▶ _Problem details_: Copy all the lines of the data that include the word "rounded".

▶ _Extracted records_:
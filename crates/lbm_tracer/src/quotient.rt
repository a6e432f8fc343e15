//! Division by a guess that is tested.
//!
//! No proof says anything of the floating-point numbers here: a guess that is wrong costs a division.

ghost use Rattle.std.specs.Prelude.{◌≡◌, ◌<◌, ◌≤◌, ◌^◌, pos, ◌≤ℤ◌, unsigned_abs};
ghost use Rattle.lbm_cell.specs.Collision.{floor_div};

use std::num::{f64_from_bits_with_nan, f64_to_bits_with_nan};

// The exponent of numbers from 2^52 on, below 2^53: their last 52 bits tell how far they lie above it.
const EXPONENT: u64 = 4841369599423283200;

// The last 52 bits.
const FRACTION: u64 = 4503599627370495;

// a as a floating-point number, where it is below 2^51 in size.
#[inline(always)]
fn float_of(a: i64) -> f64 {
    let raised = a.wrapping_add(2251799813685248).cast_unsigned() & FRACTION;
    f64_from_bits_with_nan(raised | EXPONENT) - 6755399441055744.0
}

// x rounded down, where it is below 2^26 in size and less than 1 / 800 below the next whole number it is rounded up.
#[inline(always)]
fn whole(x: f64) -> i64
    ensures { unsigned_abs result ≤ 67108864 }
{
    let bits = f64_to_bits_with_nan(x - 0.49875 + 4503599694479360.0);
    (bits & 134217727) as i64 - 67108864
}

/// 2^11 / d, about.
#[inline(always)]
pub fn inverse(d: i64) -> f64 {
    2048.0 / float_of(d)
}

// a / d rounded down, by a division.
#[inline(never)]
#[cold]
fn divided(a: i64, d: i64) -> i64
    requires small { unsigned_abs a < 2 ^ 62 }
    requires some { pos 1 ≤ℤ d }
    ensures { result ≡ floor_div a d }
{
    a.div_euclid(d)
}

/// a / d rounded down. If `inverse` is not that of d, a division is made.
#[inline(always)]
pub fn quotient(a: i64, d: i64, inverse: f64) -> i64
    requires small { unsigned_abs a < 2 ^ 62 }
    requires some { pos 1 ≤ℤ d }
    requires few { d ≤ℤ pos 34359738368 }
    ensures { result ≡ floor_div a d }
{
    let guess = whole(float_of(a >> 11) * inverse);
    let rest = a - guess * d;
    if 0 <= rest && rest < d {
        return guess;
    }
    divided(a, d)
}
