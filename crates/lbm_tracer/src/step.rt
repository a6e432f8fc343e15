//! A step of a tracer, by the state of its flow.

ghost use Rattle.std.specs.Prelude.{◌≡◌, ◌<◌, ◌≤◌, ℕ, IsNone, IsTrue, false, true, unsigned_abs};
ghost use Rattle.lbm_space.specs.Torus.{IsSpace, cells};
ghost use Rattle.lbm_cell.specs.Limits.{greatest_density};
ghost use Rattle.lbm_cell.specs.Moments.{populations};
ghost use Rattle.lbm_model.specs.Limits.{most_steps};
ghost use Rattle.lbm_model.specs.State.{population};
ghost use Rattle.lbm_tracer.specs.Limits.{amount_bound};
ghost use Rattle.lbm_tracer.specs.Sets.{stencil_of};
ghost use Rattle.lbm_tracer.specs.Collision.{IsFlowMoment};
ghost use Rattle.lbm_tracer.specs.Tracing.{set_in, is_tracer_sound, tracer_out_of_limits};
ghost use Rattle.lbm_tracer.specs.Carried.{AreFew, IsTracerRegion, amount_in, carried};
ghost use Rattle.lbm_tracer.specs.Rows.{IsTracerRow};
ghost use Rattle.lbm_tracer.specs.FlowRows.{HasRoom, moment_at};
ghost use Rattle.lbm_tracer.specs.Sending.{Goes, CellGoes, RowGoes, RowSends, Makes, AnswersOut};
ghost use Rattle.lbm_tracer.specs.Running.{Follows};

use crate::collision::{Amounts, collide, in_limits, is_empty, turn_back};
use crate::flow_row::FlowRow;
use crate::slots::{TracerRow, amounts_at, amounts_in_row, is_row_empty, put_in_row};
use crate::{Tracer, TracerSet};
use lbm_arrays::Region;
use lbm_cell::{GREATEST_DENSITY, LEAST_DENSITY, Moment, Rates};
use lbm_lattice::Pattern;
use lbm_model::{Case, Gate, Lattice};
use lbm_space::Space;
use std::alloc::Allocator;

// Why a step was not made.
#[derive(Clone, Copy)]
enum Unsent {
    // This is the least cell of the tracer that is out of limits, where the flow is in limits.
    TracerOut(u32),
    // The flow is out of limits.
    FlowOut,
}

// Whether a part of a momentum is no greater in size than the density of a cell in limits may be.
#[inline(always)]
fn is_small(j: i64) -> bool
    ensures small { IsTrue result → unsigned_abs j ≤ greatest_density }
    ensures great { result ≡ false → unsigned_abs j ≤ greatest_density → ⊥ }
{
    -GREATEST_DENSITY <= j && j <= GREATEST_DENSITY
}

// Whether density and momentum are such as those of a cell in limits.
#[inline(always)]
fn is_flow_moment(flow: &Moment) -> bool
    ensures moment { IsTrue result → IsFlowMoment flow.now }
    ensures other { result ≡ false → IsFlowMoment flow.now → ⊥ }
{
    if flow.rho < LEAST_DENSITY {
        return false;
    }
    if GREATEST_DENSITY < flow.rho {
        return false;
    }
    if !is_small(flow.jx) {
        return false;
    }
    if !is_small(flow.jy) {
        return false;
    }
    is_small(flow.jz)
}

// What a cell sends in each direction where it holds these amounts: a wall turns them back, and in the fluid they collide.
#[inline(always)]
fn post(
    set: TracerSet,
    case: &Case,
    rates: Rates,
    cell: u32,
    flow: &Moment,
    amounts: &Amounts,
) -> Result<Amounts, Unsent>
    requires set { stencil_of set ≡ set_in case.now.torus }
    requires cell { cell < cells case.now.torus }
    requires few { (k : ℕ) → k < (set_in case.now.torus).directions → unsigned_abs (populations amounts.now k) ≤ amount_bound }
    ensures { Makes case.now rates flow.now cell (populations amounts.now) result }
{
    if case.is_solid(cell) {
        return Ok(turn_back(set, amounts));
    }
    if !in_limits(set, amounts) {
        return Err(Unsent::TracerOut(cell));
    }
    if !is_flow_moment(flow) {
        return Err(Unsent::FlowOut);
    }
    Ok(collide(set, rates, flow, amounts))
}

// The cell at x of a row puts what it sends in each direction where it has taken the opposite one: so it stands at the next time. One
// that holds nothing has nothing to put.
#[inline(always)]
fn send_cell<A: Allocator>(
    region: &mut Region<A>,
    row: &TracerRow,
    set: TracerSet,
    case: &Case,
    rates: Rates,
    flow: &FlowRow<A>,
    x: u32,
) -> Result<(), Unsent>
    requires row { IsTracerRow row.now }
    requires set { set ≡ row.now.set }
    requires space { case.now.torus ≡ row.now.space }
    requires laid { IsTracerRegion row.now.space region.old }
    requires room { HasRoom row.now.space.nx flow.now }
    requires few { AreFew row.now.space (amount_in row.now.space row.now.time region.old.slots) }
    requires x { x < row.now.width }
    ensures sent { CellGoes case.now rates row.now x (moment_at flow.now x) region.old.slots region.new.slots result }
    ensures few { AreFew row.now.space (amount_in row.now.space row.now.time region.new.slots) }
    ensures same { region.new ≡ record region.old { slots = region.new.slots } }
{
    let amounts = amounts_in_row(region, row, set, x);
    if is_empty(set, &amounts) {
        return Ok(());
    }
    let moment = flow.moment(x as usize);
    let sent = post(set, case, rates, row.cell(x), &moment, &amounts)?;
    put_in_row(region, row, set, x, &turn_back(set, &sent));
    Ok(())
}

// All cells of a row send.
#[inline(always)]
fn send_cells<A: Allocator>(
    region: &mut Region<A>,
    row: &TracerRow,
    set: TracerSet,
    case: &Case,
    rates: Rates,
    flow: &FlowRow<A>,
) -> Result<(), Unsent>
    requires row { IsTracerRow row.now }
    requires set { set ≡ row.now.set }
    requires space { case.now.torus ≡ row.now.space }
    requires laid { IsTracerRegion row.now.space region.old }
    requires room { HasRoom row.now.space.nx flow.now }
    requires few { AreFew row.now.space (amount_in row.now.space row.now.time region.old.slots) }
    ensures sent { RowGoes case.now rates row.now (moment_at flow.now) region.old.slots region.new.slots result }
    ensures few { AreFew row.now.space (amount_in row.now.space row.now.time region.new.slots) }
    ensures same { region.new ≡ record region.old { slots = region.new.slots } }
{
    for x in 0..row.width {
        send_cell(region, row, set, case, rates, flow, x)?;
    }
    Ok(())
}

// The same at the set of the space, which the compiler then knows, and by a row of its own, which no put changes.
fn send_row<A: Allocator>(
    region: &mut Region<A>,
    row: &TracerRow,
    case: &Case,
    rates: Rates,
    flow: &FlowRow<A>,
) -> Result<(), Unsent>
    requires row { IsTracerRow row.now }
    requires space { case.now.torus ≡ row.now.space }
    requires laid { IsTracerRegion row.now.space region.old }
    requires room { HasRoom row.now.space.nx flow.now }
    requires few { AreFew row.now.space (amount_in row.now.space row.now.time region.old.slots) }
    ensures sent { RowGoes case.now rates row.now (moment_at flow.now) region.old.slots region.new.slots result }
    ensures few { AreFew row.now.space (amount_in row.now.space row.now.time region.new.slots) }
    ensures same { region.new ≡ record region.old { slots = region.new.slots } }
{
    let own = *row;
    match own.set {
        TracerSet::D2Q5 => send_cells(region, &own, TracerSet::D2Q5, case, rates, flow),
        TracerSet::D3Q7 => send_cells(region, &own, TracerSet::D3Q7, case, rates, flow),
    }
}

// The cells of a row send by the state of the flow. Where the row holds nothing, it has nothing to put, and the flow is not read.
fn send_by<G: Gate, P: Pattern<G>, A: Allocator>(
    region: &mut Region<A>,
    flows: &mut FlowRow<A>,
    row: &TracerRow,
    rates: Rates,
    flow: &P,
) -> Result<(), Unsent>
    requires row { IsTracerRow row.now }
    requires laid { IsTracerRegion row.now.space region.old }
    requires room { HasRoom row.now.space.nx flows.old }
    requires few { AreFew row.now.space (amount_in row.now.space row.now.time region.old.slots) }
    requires not_spent { IsNone (P.standing flow.now).spent }
    requires space { (P.standing flow.now).case.torus ≡ row.now.space }
    ensures sent { RowSends (P.standing flow.now) rates row.now region.old.slots region.new.slots result }
    ensures few { AreFew row.now.space (amount_in row.now.space row.now.time region.new.slots) }
    ensures room { HasRoom row.now.space.nx flows.new }
    ensures same { region.new ≡ record region.old { slots = region.new.slots } }
{
    if is_row_empty(region, row) {
        return Ok(());
    }
    flows.read::<G, P>(flow, row.number);
    send_row(region, row, flow.case(), rates, flows)
}

// All cells send, row by row, by the state of the flow.
fn send_all<G: Gate, P: Pattern<G>, A: Allocator>(
    region: &mut Region<A>,
    flows: &mut FlowRow<A>,
    space: &Space,
    time: u64,
    rates: Rates,
    flow: &P,
) -> Result<(), Unsent>
    requires laid { IsTracerRegion space.now region.old }
    requires room { HasRoom space.now.nx flows.old }
    requires few { AreFew space.now (amount_in space.now time region.old.slots) }
    requires not_spent { IsNone (P.standing flow.now).spent }
    requires space { (P.standing flow.now).case.torus ≡ space.now }
    ensures valid { IsSpace space.now }
    ensures sent { Goes (P.standing flow.now).case rates (P.standing flow.now).state time region.old.slots region.new.slots (cells space.now) result }
    ensures few { AreFew space.now (amount_in space.now time region.new.slots) }
    ensures room { HasRoom space.now.nx flows.new }
    ensures same { region.new ≡ record region.old { slots = region.new.slots } }
{
    for number in 0..space.rows() {
        let row = TracerRow::of(space, time, number);
        send_by::<G, P, A>(region, flows, &row, rates, flow)?;
    }
    Ok(())
}

impl<A: Allocator> Tracer<A> {
    // Whether a cell is solid or in limits.
    fn is_sound(&self, case: &Case, cell: u32) -> bool
        requires not_spent { self.now.spent ≡ false }
        requires space { case.now.torus ≡ self.now.torus }
        requires cell { cell < cells self.now.torus }
        ensures { result ≡ is_tracer_sound case.now cell (population (carried self.now).state cell) }
    {
        if case.is_solid(cell) {
            return true;
        }
        let amounts = amounts_at(&self.region, &self.space, self.time, cell);
        in_limits(TracerSet::of(&self.space), &amounts)
    }

    // The least cell out of limits, by the walls of its case.
    pub(crate) fn check(&self, case: &Case) -> Option<u32>
        requires not_spent { self.now.spent ≡ false }
        requires space { case.now.torus ≡ self.now.torus }
        ensures { result ≡ tracer_out_of_limits case.now (carried self.now).state }
    {
        for cell in 0..self.space.cells() {
            if !self.is_sound(case, cell) {
                return Some(cell);
            }
        }
        None
    }

    // Goes on by the state of the flow where both are in limits. The answer is the tracer's least cell out of limits, where the flow
    // is in limits. Where one of them is out of limits, the tracer is spent.
    pub(crate) fn follow<G: Gate, P: Pattern<G>>(&mut self, flow: &P) -> Option<u32>
        requires not_spent { self.old.spent ≡ false }
        requires flow_not_spent { IsNone (P.standing flow.now).spent }
        requires space { (P.standing flow.now).case.torus ≡ self.old.torus }
        requires time { self.old.time < most_steps }
        ensures { Follows (P.standing flow.now) (carried self.old) (carried self.new) result }
    {
        let sent = send_all::<G, P, A>(
            &mut self.region,
            &mut self.flows,
            &self.space,
            self.time,
            self.rates,
            flow,
        );
        if let Err(end) = sent {
            self.spent = true;
            return answer_of(end, flow);
        }
        self.time += 1;
        None
    }

    // Of its state nothing is said from now on.
    pub(crate) fn spend(&mut self)
        ensures { carried self.new ≡ record (carried self.old) { spent = true } }
    {
        self.spent = true;
    }
}

// The tracer's answer where a step was not made: the flow is tested first.
fn answer_of<P: Lattice>(end: Unsent, flow: &P) -> Option<u32>
    requires { IsNone (P.standing flow.now).spent }
    ensures { AnswersOut (P.standing flow.now) end result }
{
    if let Unsent::TracerOut(cell) = end
        && flow.check().is_none()
    {
        return Some(cell);
    }
    None
}
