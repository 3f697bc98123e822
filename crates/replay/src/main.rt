// Replays a fixed list of the oracle's answers. Standard input holds jobs: a word that says a kind, a word that says how many bytes follow,
// and these bytes, the job's part. The crate jobs says what the kinds are and what their parts; the answer to each goes out. A part longer
// than 37,494 bytes, or one that has no answer, ends the program, and so does a read or a write that fails, with that error. oracle/record
// wrote the list.
#![tactic(auto)]

use jobs::sizes::{LONGEST_PART, ROOM};
use replaying::answering::{Stop, answer_all, read_all, read_word};
use std::io;

// Answers one job.
fn job(rt: &HostRuntime) -> Result<(), Stop> {
    let kind = read_word(rt)?;
    let size = read_word(rt)? as usize;
    let mut space = [0u8; LONGEST_PART];
    let part = space.get_mut(..size).ok_or(Stop::Over)?;
    read_all(rt, part)?;
    let mut room = [0u8; ROOM];
    let answer = jobs::answer(kind, part, &mut room).ok_or(Stop::Over)?;
    Ok(rt.write_all(answer)?)
}

fn main(rt: HostRuntime) -> io::Result<()> {
    answer_all(|| job(&rt))
}
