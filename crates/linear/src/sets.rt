// Who may call for a sum: row d bars whom row a or row b bars. With `callers::share`, a call of its own, the compiler copies the list of
// all sets once more: these loops are written into the sum.
ghost use Rattle.std.specs.Prelude.{◌≡◌, [], ◌∷◌, ◌≤◌, ◌<◌, length};
ghost use Rattle.shape.specs.Bounds.{last_row_at};
ghost use Rattle.refusal.specs.Refusal.{outcome};
ghost use Rattle.callers.specs.Sets.{sets_length, shared, shared_all, unbarred};
ghost use Rattle.refusal.specs.Numbers.{refused};
ghost use Rattle.session.specs.Between.{Allows};

use refusal::HasNumber;

// Row d bars nobody.
#[tactic(auto, using(callers::proofs::Shared::shared_start, crate::proofs::Sharing::clear_more, callers::proofs::Shared::shared_end))]
fn clear(sets: &mut [u32], d: usize)
    requires { (length sets.old ≡ sets_length) × (d < 96) }
    ensures { sets.new ≡ unbarred sets.old d }
{
    for k in 0..8 {
        sets[8 * d + k] = 0;
    }
}

// Row d bars whom row a bars too.
#[tactic(auto, using(callers::proofs::Shared::shared_start, callers::proofs::Shared::shared_more, callers::proofs::Shared::shared_end))]
fn join(sets: &mut [u32], d: usize, a: usize)
    requires { (length sets.old ≡ sets_length) × (d < 96) × (a < 96) }
    ensures { sets.new ≡ shared 8 sets.old d d a }
{
    for k in 0..8 {
        let own = sets[8 * d + k];
        let other = sets[8 * a + k];
        sets[8 * d + k] = own | other;
    }
}

// Row d bars just whom one of two rows bars.
#[tactic(auto, using(crate::proofs::Sharing::length_cleared, crate::proofs::Sharing::length_joined, crate::proofs::Sharing::all_joined, crate::proofs::Sharing::all_same))]
fn share(sets: &mut [u32], d: usize, a: usize, b: usize)
    requires { (length sets.old ≡ sets_length) × (d < 96) × (a < 96) × (b < 96) }
    ensures { sets.new ≡ shared_all sets.old d (a ∷ b ∷ []) }
{
    clear(sets, d);
    join(sets, d, a);
    join(sets, d, b);
}

// The sets, after a call whose checks found this.
#[tactic(auto, using(crate::proofs::Sharing::row_96, crate::proofs::Sharing::set_refused, crate::proofs::Sharing::set_done, crate::proofs::Sharing::length_shares, refusal::proofs::Checks::ok_zero, refusal::proofs::Checks::err_not_zero))]
pub fn share_unless<R: HasNumber>(checked: R, sets: &mut [u32], d: usize, a: usize, b: usize)
    requires { (length sets.old ≡ sets_length) × Allows (R.numbered checked) (d ≤ last_row_at) × Allows (R.numbered checked) (a ≤ last_row_at)
        × Allows (R.numbered checked) (b ≤ last_row_at) }
    ensures { sets.new ≡ outcome (R.numbered checked) (shared_all sets.old d (a ∷ b ∷ [])) sets.old }
{
    if checked.as_number() == 0 {
        share(sets, d, a, b);
    }
}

▶ _Task response_:
// x rounded down, where it is below 2^26 in size and less than 1 / 800 below the next whole number it is rounded up.
// a / d rounded down, by a division.
/// a / d rounded down. If `inverse` is not that of d, a division is made.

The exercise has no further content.